Abstract
Barg, Taylor, Jaclyn Walker, Samara Levine, David Ryan Ormond, and James P Maloney. Altered Mental Status at High Altitude: Obstructive Hydrocephalus Mimicking High Altitude Cerebral Edema (HACE). High Alt Med Biol. 00:00–00, 2025.—A 29-year-old female presented to a Colorado emergency department with amnesia, headache, confusion, and dysarthria after rapidly ascending a 4,404 m (14,267 ft) peak. Head CT revealed cerebral edema and hydrocephalus. She was hypotensive and required vasopressors prior to evacuation to a lower-altitude intensive care unit and received initial treatment for high-altitude cerebral edema (HACE) with dexamethasone. Imaging and clinical workup revealed obstructive hydrocephalus due to a colloid cyst with minimal radiographical evidence of cerebral edema except due to the compressive effects of hydrocephalus. She transiently developed stress-induced cardiomyopathy and mixed neurocardiogenic shock. This case emphasizes the importance of considering HACE mimics at high altitude triggered by hypoxia-mediated increases in intracranial pressure.
Keywords
Introduction
High-altitude exposure causes a range of hypoxia-induced pathologies. Acute mountain sickness (AMS) typically manifests within 6–12 hours of ascent to moderate (>8,000 ft, 2,438 m) and higher altitudes with nonspecific symptoms such as headache, malaise, fatigue, dizziness, insomnia, nausea, and anorexia (Luks et al., 2017). AMS can progress to severe syndromes, including high-altitude cerebral edema (HACE), a rare but potentially fatal condition. HACE typically affects individuals who rapidly ascend to elevations above 3,000 m (Hackett et al., 1998), with an incidence of 0.5%–1% at elevations above 4,000 m (Luks et al., 2017).
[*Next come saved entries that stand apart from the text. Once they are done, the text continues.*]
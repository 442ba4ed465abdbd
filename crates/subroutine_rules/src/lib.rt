//! Calls of intrinsic subroutines (ISO/IEC 1539-1:2018, 16.9): atomics, EVENT_QUERY, collectives; rules 49, 50, 53, 54
//! and 59.
//! It stands on `call_rules` and `specifier_rules`; the rules of statements stand on it.
//! Its main contract: `call::intrinsic_call` gives the judgement that the definition of its name in `rule_definitions`
//! says.
#![tactic(auto)]

pub mod arguments;
pub mod atom;
pub mod call;
pub mod collective;
pub mod dummies;
pub mod event;
pub mod form;
pub mod given;
pub mod several;
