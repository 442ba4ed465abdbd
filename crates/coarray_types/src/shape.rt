//! The bounds of arrays, and the offsets of elements.

ghost use Rattle.std.specs.Prelude.{◌≡◌, ◌≤◌, ◌<◌, ◌≤ℤ◌, length, IsNone, IfSome, IsTrue, ◌↔◌, List, ℤ, ℕ};
ghost use Rattle.coarray_types.specs.Places.{size_of, AllWithin, subscript_order};

use crate::digits::{apart, joined};
use caf_base::short::Short;

/// The bounds of an array: of each dimension the lower and the upper one. Their extents are its shape (ISO/IEC
/// 1539-1:2018, 5.4.6). A dimension whose upper bound is below the lower one has no element. A scalar has no dimension.
/// Up to 3 dimensions lie in place; the 3 is this project's, the standard has up to 15.
#[derive(Drop, Debug)]
pub struct Shape {
    pub dims: Short<(i64, i64), 3>,
}

/// The offset of an element from the first one, in array element order, of an array of at most 65,536 cells; None
/// exactly where a subscript is out of bounds (ISO/IEC 1539-1:2018, 9.5.3.2).
pub fn offset_of(shape: &Shape, subs: &[i64]) -> Option<u32>
    requires cells { size_of shape.now.dims ≤ 65536 }
    requires rank { length subs.now ≡ length shape.now.dims }
    ensures out { IsNone result → AllWithin shape.now.dims subs.now → ⊥ }
    ensures offset { IfSome result (λ n. AllWithin shape.now.dims subs.now × (n ≡ subscript_order shape.now.dims subs.now)) }
    ensures below { IfSome result (λ n. n < size_of shape.now.dims) }
{
    offset_in(shape.dims.as_slice(), subs)
}

// The same, of the dimensions. 64 bits suffice: within the bounds no sum or product here passes the 65,536 cells.
fn offset_in(dims: &[(i64, i64)], subs: &[i64]) -> Option<u32>
    requires cells { size_of dims.now ≤ 65536 }
    requires rank { length subs.now ≡ length dims.now }
    ensures out { IsNone result → AllWithin dims.now subs.now → ⊥ }
    ensures offset { IfSome result (λ n. AllWithin dims.now subs.now × (n ≡ subscript_order dims.now subs.now)) }
    ensures below { IfSome result (λ n. n < size_of dims.now) }
{
    let [(lower, upper), dims @ ..] = dims else {
        return Some(0);
    };
    let [sub, subs @ ..] = subs else {
        return None;
    };
    if !is_within(lower, upper, sub) {
        return None;
    }
    let rest = offset_in(dims, subs)?;
    let extent = apart(lower, upper) + 1;
    Some(joined(apart(lower, sub), extent, rest) as u32)
}

// Whether a subscript lies within its bounds.
fn is_within(lower: &i64, upper: &i64, sub: &i64) -> bool
    ensures { IsTrue result ↔ ((lower.now ≤ℤ sub.now) × (sub.now ≤ℤ upper.now)) }
{
    lower <= sub && sub <= upper
}
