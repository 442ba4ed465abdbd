//! Readers of ALLOCATE and DEALLOCATE (ISO/IEC 1539-1:2018, 9.7.1 and 9.7.3).

ghost use Rattle.std.specs.Prelude.{◌≡◌, codes, List};
ghost use Rattle.expr_reader.specs.Results.{Gives};
ghost use Rattle.expr_reader.specs.Words.{tokens_of};
ghost use Rattle.fortran_tree.specs.ActionViews as forms;
ghost use Rattle.fortran_tree.specs.Expressions as expressions;
ghost use Rattle.fortran_tree.specs.Statements as tree;
ghost use Rattle.fortran_tree.specs.declared.name.Name.{Name};
ghost use Rattle.keyword_reader.specs.Families as families;
ghost use Rattle.keyword_reader.specs.Views as views;
ghost use Rattle.statement_reader.specs.Actions as actions;
ghost use Rattle.statement_reader.specs.Dimensions as dimensions;
ghost use Rattle.statement_reader.specs.Families.{rounded};
ghost use Rattle.statement_reader.specs.Keywords.{after, made};

use crate::cobound::maybe_coshape;
use crate::dimension::maybe_dimensions;
use crate::object::objects;
use action_reader::key::key;
use action_reader::names::AName;
use action_reader::reads::{Reads, in_round};
use expr_reader::error::ReadError;
use expr_reader::one::name;
use expr_reader::word::Word;
use fortran_tree::action::{ActionForm, Allocation};
use fortran_tree::declaration::{Coshape, Dimension};
use fortran_tree::expr::Specifier;
use fortran_tree::name::Name;
use std::alloc::Global;

/// Dimensions in brackets and a coarray specification in brackets, where there are any.
#[tactic(auto, using(crate::proofs::Keyed::keyed_laws))]
fn shape<'a>(
    alloc: Global,
    words: &'a [Word],
    left: u32,
) -> Result<((Vec<Dimension>, Option<Coshape>), &'a [Word]), ReadError>
    ensures { Gives (λ r. (views.shape_of r.0, tokens_of r.1.now)) result (families.shape left (tokens_of words.now)) }
{
    let (bounds, rest) = maybe_dimensions(alloc, words, left)?;
    match maybe_coshape(alloc, rest, left) {
        Ok((cobounds, rest)) => Ok(((bounds, cobounds), rest)),
        Err(e) => {
            drop(bounds);
            Err(e)
        }
    }
}

/// An object of ALLOCATE (R931).
pub struct AnAllocation;

impl Reads for AnAllocation {
    type Tree = Allocation;

    ghost Seen = { tree.Allocation };

    ghost look = { forms.allocation };

    ghost reader = { dimensions.an_allocation };

    #[tactic(auto, using(crate::proofs::Keyed::keyed_laws))]
    fn read<'a>(
        alloc: Global,
        words: &'a [Word],
        left: u32,
    ) -> Result<(Allocation, &'a [Word]), ReadError> {
        let (name, rest) = name(words)?;
        match shape(alloc, rest, left) {
            Ok(((bounds, cobounds), rest)) => Ok((
                Allocation {
                    name,
                    bounds,
                    cobounds,
                },
                rest,
            )),
            Err(e) => {
                drop(name);
                Err(e)
            }
        }
    }
}

/// What stands in the brackets of ALLOCATE.
pub struct Allocations;

impl Reads for Allocations {
    type Tree = (Vec<Allocation>, Vec<Specifier>);

    ghost Seen = { List tree.Allocation × expressions.Specifiers };

    ghost look = { views.allocations_of };

    ghost reader = { families.allocations };

    #[tactic(auto, using(crate::proofs::Keyed::keyed_laws))]
    fn read<'a>(
        alloc: Global,
        words: &'a [Word],
        left: u32,
    ) -> Result<((Vec<Allocation>, Vec<Specifier>), &'a [Word]), ReadError> {
        objects::<AnAllocation>(alloc, words, left)
    }
}

/// What stands in the brackets of DEALLOCATE.
pub struct Deallocations;

impl Reads for Deallocations {
    type Tree = (Vec<Name>, Vec<Specifier>);

    ghost Seen = { List Name × expressions.Specifiers };

    ghost look = { views.deallocations_of };

    ghost reader = { families.deallocations };

    #[tactic(auto, using(crate::proofs::Keyed::keyed_laws))]
    fn read<'a>(
        alloc: Global,
        words: &'a [Word],
        left: u32,
    ) -> Result<((Vec<Name>, Vec<Specifier>), &'a [Word]), ReadError> {
        objects::<AName>(alloc, words, left)
    }
}

/// ALLOCATE (R927).
#[tactic(auto, using(crate::proofs::Keyed::keyed_laws))]
pub(crate) fn allocate<'a>(
    alloc: Global,
    words: &'a [Word],
    left: u32,
) -> Result<(ActionForm, &'a [Word]), ReadError>
    ensures { Gives (λ r. (forms.action_statement r.0, tokens_of r.1.now)) result (after (codes "allocate") (made (actions.of_two tree.allocate) (rounded families.allocations)) left (tokens_of words.now)) }
{
    let rest = key(words, b"allocate")?;
    let ((objects, specifiers), rest) = in_round::<Allocations>(alloc, rest, left)?;
    Ok((
        ActionForm::Allocate {
            objects,
            specifiers,
        },
        rest,
    ))
}

/// DEALLOCATE (R940).
#[tactic(auto, using(crate::proofs::Keyed::keyed_laws))]
pub(crate) fn deallocate<'a>(
    alloc: Global,
    words: &'a [Word],
    left: u32,
) -> Result<(ActionForm, &'a [Word]), ReadError>
    ensures { Gives (λ r. (forms.action_statement r.0, tokens_of r.1.now)) result (after (codes "deallocate") (made (actions.of_two tree.deallocate) (rounded families.deallocations)) left (tokens_of words.now)) }
{
    let rest = key(words, b"deallocate")?;
    let ((objects, specifiers), rest) = in_round::<Deallocations>(alloc, rest, left)?;
    Ok((
        ActionForm::Deallocate {
            objects,
            specifiers,
        },
        rest,
    ))
}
Rapid descent, oxygen, and corticosteroids are critical for HACE recovery. HACE symptoms include confusion, headaches, lassitude, and ataxia. Given the risk for rapid decompensation, clinicians must recognize both risk factors for HACE and alternative diagnoses that can mimic its presentation to ensure timely and appropriate treatment (Buttner et al., 1997).
Hypoxia increases intracranial pressure (ICP) through cerebral vasodilation and vasogenic edema, placing individuals with preexisting intracranial abnormalities at risk. Patients with intracranial masses or hydrocephalus are particularly vulnerable—even minor increases in ICP can cause deterioration, as they are living near the limits of neurovascular autoregulation. Neurological decline at altitude has been reported with chronic hydrocephalus even during intermediate altitudes of commercial aircraft flight (Kutty et al., 2020; Nelson and Haymaker, 1957).
Colloid cysts are benign epithelial-lined lesions typically located in the third ventricle at the foramen of Monro, comprising ∼2% of primary brain tumors. Though colloid cysts are often asymptomatic, they may intermittently obstruct cerebrospinal fluid (CSF) flow, causing hydrocephalus and sudden neurological symptoms (Lawley et al., 2016). Obstruction may follow any situation that increases ICP. Environmental triggers like altitude and air travel have been associated with symptom onset (Kutty et al., 2020). While deaths linked to asymptomatic colloid cyst-related hydrocephalus during commercial and military air travel are documented (Nelson and Haymaker, 1957), there are no known published reports of hydrocephalus due to colloid cysts mimicking HACE during a mountain ascent.
We present a case of a young woman who was initially diagnosed with HACE after developing acute neurological symptoms at high altitude. However, she was found to have obstructive hydrocephalus from a colloid cyst. This case underscores the importance of maintaining a broad differential diagnosis when evaluating altered mental status at high altitudes.
Case Presentation
A 29-year-old woman presented to a rural emergency department in the Colorado Rocky Mountains at 1,780 m after rapidly ascending Castle Peak (4,349 m) and developing confusion, dysarthria, headache, nausea, and vomiting. She lived at 1,707 m and had camped overnight at 2,438 m before her first-ever >4,000 m summit. She and her companion left camp and summited in 7 hours, after which she described feeling “drunk.” After descending to 2,438 m, she briefly napped and awoke confused with slurred speech and headache and vomited. She had no prior medical history and denied alcohol or drug use. Her symptoms had not resolved upon descent to the emergency department.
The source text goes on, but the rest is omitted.